The HELE mission is to lead “in the consumer products market through new product innovation, superior product quality and competitive pricing.” The strategy is to sell relatively simple products, “but piggyback on the visibility of the brand recognition to drive sales, acquire shelf space and gain a degree of pricing power.” The gamble for HELE came when the deal required it pay Sassoon a $100,000 signing bonus and 10 percent of sales. HELE still has a license with Sassoon and with name brands Braun, Revlon, Hot Tools, Vicks, Brut, Honeywell and Pert.
HELE’s growth is through product development, acquisition and Rubin’s “RLC” leadership. It books nearly $2 billion in annual sales in housewares, health-care, home-environment and personal-care products.
RLC, coined by a Harvard Business School professor, is Rat- Like Cunning in the DNA of successful businesspeople. Associates describe Rubin as “a savvy businessman who knows what works and doesn’t work instinctively [emphasis added]...
He loves being in business. He loves the art of the deal.” He is a “dynamic leader with a lot of great ideas and lot of energy.”
Despite HELE’s size, Rubin is hands-on and accessible, still listening to his customers. This character description is a prerequisite I share with my university students and start-up entrepreneurs with whom I consult.
Rubin steadfastly continues two traditions his parents taught him and his brothers. Attached to the front entrance doorpost of the gleaming corporate office building of HELE is a mezuza that carries inside it the prescription for success.
Rubin and his companies also contribute significantly to charities.
HELE’s fortunes and stock price are subject to the vagaries of economic times. Products are exposed to fluctuations in prices for raw minerals, electrical components and chemicals.
Sales in beauty products declined in 2008 as much as 6% during that recession. Rubin responded by dropping low-margin goods to improve company margins, grow earnings and swell cash balances, while continuing to invest in new lines.
One analyst wrote, “I was very impressed how their SG&A costs came down so much. These guys know how to manage their business.” By the end of the first quarter in 2011, earnings grew 26.7%, driven by higher sales and robust gross-margin expansion.
HELE receives its share of criticism. Some analysts say the company relies too heavily on commodity-type products and grows too fast through acquisitions. Overseas manufacturing operations expose it to fluctuations in multi-government currency climates. Good company cash flow has never been used to pay dividends, while corporate executives benefit from overly generous salaries and stock options.
Rubin’s recent resignation as chairman, CEO and member of the board of directors comes abruptly with hammer-like finality to a stellar career. HELE will sever the positions of CEO and chairman, realizing a net savings in compensation in 2015 of about $30 million, or 9 cents per share. Rubin’s golden parachute charge-off in the 2014 fiscal year amounts to more than $16m., or 50 cents per share.
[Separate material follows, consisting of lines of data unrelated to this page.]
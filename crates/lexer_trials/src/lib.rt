//! Trials of `tokens` over texts.
#![tactic(auto)]

#[cfg(test)]
mod faults;
#[cfg(test)]
mod forms;
#[cfg(test)]
mod reading;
Rubin is the apotheosis of entrepreneurial success straddling the clashes of family business and corporate commix.
The brittle irony is that he leaves with quarterly earnings beating expectations and the stock price reaching a new high.
He is taking a short pause focusing on his substantial real-estate holdings, but as Mark Twain said, “No word was ever as effective as a rightly timed pause.”
Entrepreneurs, you can learn from Gerald Rubin, who personifies Shel Silverstein’s wisdom: “Listen to the mustn’ts, child. Listen to the don’ts. Listen to the shouldn’ts, the impossibles, the won’ts. Listen to the never haves, then listen close to me... Anything can happen, child. Anything can be.”